[Opening Record excerpts section]

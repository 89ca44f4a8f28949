//! Open slots of three servers: how they are printed, and what closes them.
ghost use Rattle.std.specs.Prelude.{◌≡◌, IfOk, length};

use crate::servers::book;
use byte_texts::Memory;
use cluster_views::{ServerSurvey, SurveyFault, Surveyed, survey_of};
use key_slots::{NodeId, Slot};
use listed_nodes::{NodeLines, nodes_in};
use plan_language::{Line, Plan, print};
use server_phases::{
    KeyCounts, ServerPhase, next_open, open_survey, phase_at, put_phase_lines, resumed_plan,
};
use std::alloc::Global;
use std::test::Fail;

/// What n0, n1 and n2 answer to CLUSTER NODES while slot 24 goes from n0 to n1 and slot 30 does too, of which n1 was
/// told.
pub(crate) const SOURCE: &[u8] = b"\
        aaaaaaaaaaaaaaaaaaaaaaaaaaaaaaaaaaaaaaaa 127.0.0.1:7000@17000 myself,master - 0 0 1 connected \
        0-29 31-5460 [24->-bbbbbbbbbbbbbbbbbbbbbbbbbbbbbbbbbbbbbbbb] [30->-bbbbbbbbbbbbbbbbbbbbbbbbbbbbbbbbbbbbbbbb]\n\
        bbbbbbbbbbbbbbbbbbbbbbbbbbbbbbbbbbbbbbbb 127.0.0.1:7001@17001 master - 0 0 2 connected 30 5461-10922\n\
        cccccccccccccccccccccccccccccccccccccccc 127.0.0.1:7002@17002 master - 0 0 3 connected 10923-16383\n";

pub(crate) const TARGET: &[u8] = b"\
        aaaaaaaaaaaaaaaaaaaaaaaaaaaaaaaaaaaaaaaa 127.0.0.1:7000@17000 master - 0 0 1 connected 0-29 31-5460\n\
        bbbbbbbbbbbbbbbbbbbbbbbbbbbbbbbbbbbbbbbb 127.0.0.1:7001@17001 myself,master - 0 0 2 connected \
        30 5461-10922 [24-<-aaaaaaaaaaaaaaaaaaaaaaaaaaaaaaaaaaaaaaaa]\n\
        cccccccccccccccccccccccccccccccccccccccc 127.0.0.1:7002@17002 master - 0 0 3 connected 10923-16383\n";

pub(crate) const THIRD: &[u8] = b"\
        aaaaaaaaaaaaaaaaaaaaaaaaaaaaaaaaaaaaaaaa 127.0.0.1:7000@17000 master - 0 0 1 connected 0-5460\n\
        bbbbbbbbbbbbbbbbbbbbbbbbbbbbbbbbbbbbbbbb 127.0.0.1:7001@17001 master - 0 0 2 connected 5461-10922\n\
        cccccccccccccccccccccccccccccccccccccccc 127.0.0.1:7002@17002 myself,master - 0 0 3 connected 10923-16383\n";

/// n1 has no mark of slot 24.
const FORGOT: &[u8] = b"\
        aaaaaaaaaaaaaaaaaaaaaaaaaaaaaaaaaaaaaaaa 127.0.0.1:7000@17000 master - 0 0 1 connected 0-29 31-5460\n\
        bbbbbbbbbbbbbbbbbbbbbbbbbbbbbbbbbbbbbbbb 127.0.0.1:7001@17001 myself,master - 0 0 2 connected 30 5461-10922\n\
        cccccccccccccccccccccccccccccccccccccccc 127.0.0.1:7002@17002 master - 0 0 3 connected 10923-16383\n";

const LINES: &[u8] = b"\
        slot 24 is migrating from n0 to n1: 51 keys at n0, 52 at n1\n\
        rest of slot 24: drain 24 at n0 to n1 by 10 / setslot 24 node n1 at n1 / setslot 24 node n1 at n0 / \
        setslot 24 node n1 at n2\n\
        slot 30 is told from n0 to n1: 51 keys at n0, 52 at n1\n\
        rest of slot 30: setslot 30 node n1 at n0 / setslot 30 node n1 at n2\n";

const PLAN: &[u8] = b"\
        reshard-plan 3\n\
        setslot 30 node n1 at n0\n\
        setslot 30 node n1 at n2\n\
        drain 24 at n0 to n1 by 100\n\
        setslot 24 node n1 at n1\n\
        setslot 24 node n1 at n0\n\
        setslot 24 node n1 at n2\n\
        move 23 from n0 to n1 by 7\n\
        move 25-29 from n0 to n1 by 7\n\
        move 31-32 from n0 to n1 by 7\n\
        end\n";

const STRANGE: &[u8] = b"\
        slot 24 migrates from n0 to n1, which does not import it: \
        CLUSTER SETSLOT 24 IMPORTING with n0's ID at n1, and survey again\n\
        slot 30 is told from n0 to n1: 51 keys at n0, 52 at n1\n\
        rest of slot 30: setslot 30 node n1 at n0 / setslot 30 node n1 at n2\n";

/// Counts 51 keys at n0, 52 at n1 and so on.
#[derive(Drop)]
struct FixedCounts;

impl KeyCounts for FixedCounts {
    ghost counts = { λ x node slot keys y. Unit {0} };

    ghost fails = { λ x node slot fault y. Unit {0} };

    fn keys(&mut self, node: NodeId, _slot: Slot) -> Result<u32, SurveyFault> {
        Ok(51 + u32::from(node.get()))
    }
}

pub(crate) fn view(alloc: Global, text: &[u8]) -> Result<NodeLines, SurveyFault> {
    match nodes_in(alloc, text)? {
        Some(lines) => Ok(lines),
        None => Err(SurveyFault::Strange(NodeId::of(0))),
    }
}

/// The views of n0, n1 and n2.
pub(crate) fn views(
    alloc: Global,
    first: &[u8],
    second: &[u8],
) -> Result<Vec<NodeLines>, SurveyFault>
    ensures { IfOk result (λ v. length v.items ≡ 3) }
{
    let first = view(alloc, first)?;
    let second = view(alloc, second)?;
    let third = view(alloc, THIRD)?;
    match vec![in alloc; first, second, third] {
        Ok(views) => Ok(views),
        Err(_) => Err(SurveyFault::Memory),
    }
}

/// The survey of the servers with these views.
pub(crate) fn survey(
    alloc: Global,
    first: &[u8],
    second: &[u8],
) -> Result<ServerSurvey, SurveyFault> {
    let book = book(alloc)?;
    let views = views(alloc, first, second)?;
    let Surveyed { survey, epochs } = survey_of(alloc, &book, views.as_slice())?;
    drop(epochs);
    Ok(survey)
}

pub(crate) fn lines_of(alloc: Global, survey: &ServerSurvey) -> Result<Vec<u8>, SurveyFault> {
    let mut out = Vec::new(alloc);
    put_phase_lines(&mut out, survey, &mut FixedCounts)?;
    Ok(out)
}

/// A plan that moves slots 23 to 32 from n0 to n1, 7 keys at a time.
fn moves(alloc: Global) -> Result<Plan, Memory> {
    let mut plan = Plan::empty(alloc);
    plan.push(Line::Move {
        first: Slot::of(23),
        last: Slot::of(32),
        source: NodeId::of(0),
        target: NodeId::of(1),
        batch: 7,
    })?;
    Ok(plan)
}

#[test]
fn open_slots_are_printed(rt: HostRuntime) -> Result<(), Fail> {
    let survey = survey(rt.alloc(), SOURCE, TARGET)?;
    let lines = lines_of(rt.alloc(), &survey)?;
    assert!(rt; lines.as_slice() == LINES);
    assert!(rt; next_open(&survey, Slot::of(25)) == Some(Slot::of(30)));
    Ok(())
}

#[test]
fn strange_slots_are_printed(rt: HostRuntime) -> Result<(), Fail> {
    let survey = survey(rt.alloc(), SOURCE, FORGOT)?;
    let lines = lines_of(rt.alloc(), &survey)?;
    assert!(rt; lines.as_slice() == STRANGE);
    assert!(rt; open_survey(rt.alloc(), &survey).is_err());
    Ok(())
}

#[test]
fn a_closed_slot_has_its_owner(rt: HostRuntime) -> Result<(), Fail> {
    let survey = survey(rt.alloc(), SOURCE, TARGET)?;
    assert!(rt; phase_at(&survey, Slot::of(16383)) == ServerPhase::Closed(NodeId::of(2)));
    Ok(())
}

#[test]
fn a_plan_resumes(rt: HostRuntime) -> Result<(), Fail> {
    let survey = survey(rt.alloc(), SOURCE, TARGET)?;
    let open = open_survey(rt.alloc(), &survey)?;
    let moves = moves(rt.alloc())?;
    let plan = resumed_plan(rt.alloc(), &open, 100, moves.lines())?;
    let text = print(rt.alloc(), &plan)?;
    assert!(rt; text.as_slice() == PLAN);
    Ok(())
}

[Closing Record excerpts section]

#### Try it
Look back at the data above. Transcribe exactly the lines starting at the line that contains "use byte_texts::Memory;" and ending at the line that contains "0-29 31-5460 [24->-bbbbbbbbbbbbbbbbbbbbbbbbbbbbbbbbbbbbbbbb]".

#### Output of the exercise
use byte_texts::Memory;
use cluster_views::{ServerSurvey, SurveyFault, Surveyed, survey_of};
use key_slots::{NodeId, Slot};
use listed_nodes::{NodeLines, nodes_in};
use plan_language::{Line, Plan, print};
use server_phases::{
    KeyCounts, ServerPhase, next_open, open_survey, phase_at, put_phase_lines, resumed_plan,
};
use std::alloc::Global;
use std::test::Fail;

/// What n0, n1 and n2 answer to CLUSTER NODES while slot 24 goes from n0 to n1 and slot 30 does too, of which n1 was
/// told.
pub(crate) const SOURCE: &[u8] = b"\
        aaaaaaaaaaaaaaaaaaaaaaaaaaaaaaaaaaaaaaaa 127.0.0.1:7000@17000 myself,master - 0 0 1 connected \
        0-29 31-5460 [24->-bbbbbbbbbbbbbbbbbbbbbbbbbbbbbbbbbbbbbbbb] [30->-bbbbbbbbbbbbbbbbbbbbbbbbbbbbbbbbbbbbbbbb]\n\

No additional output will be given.